*** Supplied data

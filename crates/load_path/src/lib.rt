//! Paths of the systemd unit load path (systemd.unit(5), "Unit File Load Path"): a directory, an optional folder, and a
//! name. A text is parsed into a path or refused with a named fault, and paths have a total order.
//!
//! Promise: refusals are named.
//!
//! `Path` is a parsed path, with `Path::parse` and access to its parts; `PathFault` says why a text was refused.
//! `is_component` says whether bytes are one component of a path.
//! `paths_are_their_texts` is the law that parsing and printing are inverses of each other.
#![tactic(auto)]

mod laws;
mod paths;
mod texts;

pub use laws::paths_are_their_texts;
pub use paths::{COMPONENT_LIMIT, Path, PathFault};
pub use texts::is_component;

******
*** Supplied data

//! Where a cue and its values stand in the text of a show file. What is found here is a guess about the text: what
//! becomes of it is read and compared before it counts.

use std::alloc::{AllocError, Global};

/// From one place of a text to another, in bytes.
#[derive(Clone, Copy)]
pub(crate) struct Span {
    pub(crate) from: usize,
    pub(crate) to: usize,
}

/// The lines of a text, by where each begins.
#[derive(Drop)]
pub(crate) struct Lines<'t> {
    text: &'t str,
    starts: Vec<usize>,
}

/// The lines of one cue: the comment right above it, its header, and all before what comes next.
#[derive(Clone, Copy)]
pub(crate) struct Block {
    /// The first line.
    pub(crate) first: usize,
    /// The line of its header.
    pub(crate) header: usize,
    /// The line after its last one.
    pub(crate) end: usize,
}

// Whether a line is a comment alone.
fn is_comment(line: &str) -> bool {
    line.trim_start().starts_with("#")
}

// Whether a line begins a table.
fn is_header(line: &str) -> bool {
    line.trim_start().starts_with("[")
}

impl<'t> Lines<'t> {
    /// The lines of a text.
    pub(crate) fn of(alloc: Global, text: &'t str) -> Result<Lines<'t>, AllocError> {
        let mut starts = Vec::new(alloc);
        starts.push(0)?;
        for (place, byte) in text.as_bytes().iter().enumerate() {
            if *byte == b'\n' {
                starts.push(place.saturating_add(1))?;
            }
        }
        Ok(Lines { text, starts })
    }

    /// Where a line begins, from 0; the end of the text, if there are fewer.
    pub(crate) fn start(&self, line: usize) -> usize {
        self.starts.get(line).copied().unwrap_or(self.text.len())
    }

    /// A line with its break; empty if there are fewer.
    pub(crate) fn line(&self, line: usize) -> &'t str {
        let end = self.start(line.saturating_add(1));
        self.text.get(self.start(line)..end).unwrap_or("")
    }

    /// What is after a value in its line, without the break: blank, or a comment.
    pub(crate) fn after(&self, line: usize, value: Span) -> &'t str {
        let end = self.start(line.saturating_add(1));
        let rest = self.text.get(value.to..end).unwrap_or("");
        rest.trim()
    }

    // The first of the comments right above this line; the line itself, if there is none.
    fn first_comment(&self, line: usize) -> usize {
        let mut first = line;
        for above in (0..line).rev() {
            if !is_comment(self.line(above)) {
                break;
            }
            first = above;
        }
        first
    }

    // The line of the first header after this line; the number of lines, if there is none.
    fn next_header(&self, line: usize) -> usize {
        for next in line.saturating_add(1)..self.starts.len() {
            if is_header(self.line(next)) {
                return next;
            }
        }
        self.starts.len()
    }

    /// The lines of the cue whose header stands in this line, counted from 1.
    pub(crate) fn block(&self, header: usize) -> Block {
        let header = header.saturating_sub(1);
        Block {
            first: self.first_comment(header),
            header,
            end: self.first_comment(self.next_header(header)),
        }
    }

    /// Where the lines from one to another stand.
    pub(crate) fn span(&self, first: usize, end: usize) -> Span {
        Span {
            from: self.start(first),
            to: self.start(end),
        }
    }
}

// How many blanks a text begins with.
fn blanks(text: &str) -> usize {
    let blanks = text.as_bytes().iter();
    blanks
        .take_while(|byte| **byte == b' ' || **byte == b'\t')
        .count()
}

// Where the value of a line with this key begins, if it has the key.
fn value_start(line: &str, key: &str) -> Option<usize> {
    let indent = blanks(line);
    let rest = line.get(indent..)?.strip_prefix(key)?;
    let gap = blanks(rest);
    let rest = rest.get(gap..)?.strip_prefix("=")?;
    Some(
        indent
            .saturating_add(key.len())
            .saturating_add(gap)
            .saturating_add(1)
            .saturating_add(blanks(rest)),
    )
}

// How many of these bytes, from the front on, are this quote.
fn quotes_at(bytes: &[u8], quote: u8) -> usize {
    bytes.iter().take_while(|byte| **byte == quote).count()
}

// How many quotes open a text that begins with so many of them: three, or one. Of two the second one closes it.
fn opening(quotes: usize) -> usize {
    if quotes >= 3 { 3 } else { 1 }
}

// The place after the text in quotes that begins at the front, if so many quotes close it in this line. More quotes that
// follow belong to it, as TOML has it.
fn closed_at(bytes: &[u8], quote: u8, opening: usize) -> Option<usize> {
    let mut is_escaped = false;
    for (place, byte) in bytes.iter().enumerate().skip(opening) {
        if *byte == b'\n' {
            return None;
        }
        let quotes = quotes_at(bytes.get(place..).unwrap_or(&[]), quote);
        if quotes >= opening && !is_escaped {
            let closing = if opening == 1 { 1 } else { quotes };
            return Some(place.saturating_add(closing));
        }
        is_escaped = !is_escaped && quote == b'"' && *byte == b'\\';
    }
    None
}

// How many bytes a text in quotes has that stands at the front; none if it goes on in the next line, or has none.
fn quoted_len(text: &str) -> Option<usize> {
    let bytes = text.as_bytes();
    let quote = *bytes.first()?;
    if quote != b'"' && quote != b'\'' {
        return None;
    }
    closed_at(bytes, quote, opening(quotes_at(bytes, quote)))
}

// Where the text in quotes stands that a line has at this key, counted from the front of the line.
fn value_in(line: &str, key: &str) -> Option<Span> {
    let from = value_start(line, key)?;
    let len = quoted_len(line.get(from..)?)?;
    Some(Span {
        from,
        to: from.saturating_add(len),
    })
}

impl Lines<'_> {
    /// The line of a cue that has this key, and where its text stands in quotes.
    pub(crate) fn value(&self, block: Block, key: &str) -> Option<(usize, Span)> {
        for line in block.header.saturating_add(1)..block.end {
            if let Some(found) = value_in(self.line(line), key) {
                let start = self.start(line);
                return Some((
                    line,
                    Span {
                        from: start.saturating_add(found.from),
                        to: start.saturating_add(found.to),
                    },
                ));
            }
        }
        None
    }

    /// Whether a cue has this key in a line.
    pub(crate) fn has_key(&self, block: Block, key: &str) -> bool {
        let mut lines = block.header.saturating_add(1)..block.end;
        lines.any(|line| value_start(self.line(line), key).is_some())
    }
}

******

Wherever the string "struct" appears in the records above, copy the line it sits in.

pub(crate) struct Span {
pub(crate) struct Lines<'t> {
pub(crate) struct Block {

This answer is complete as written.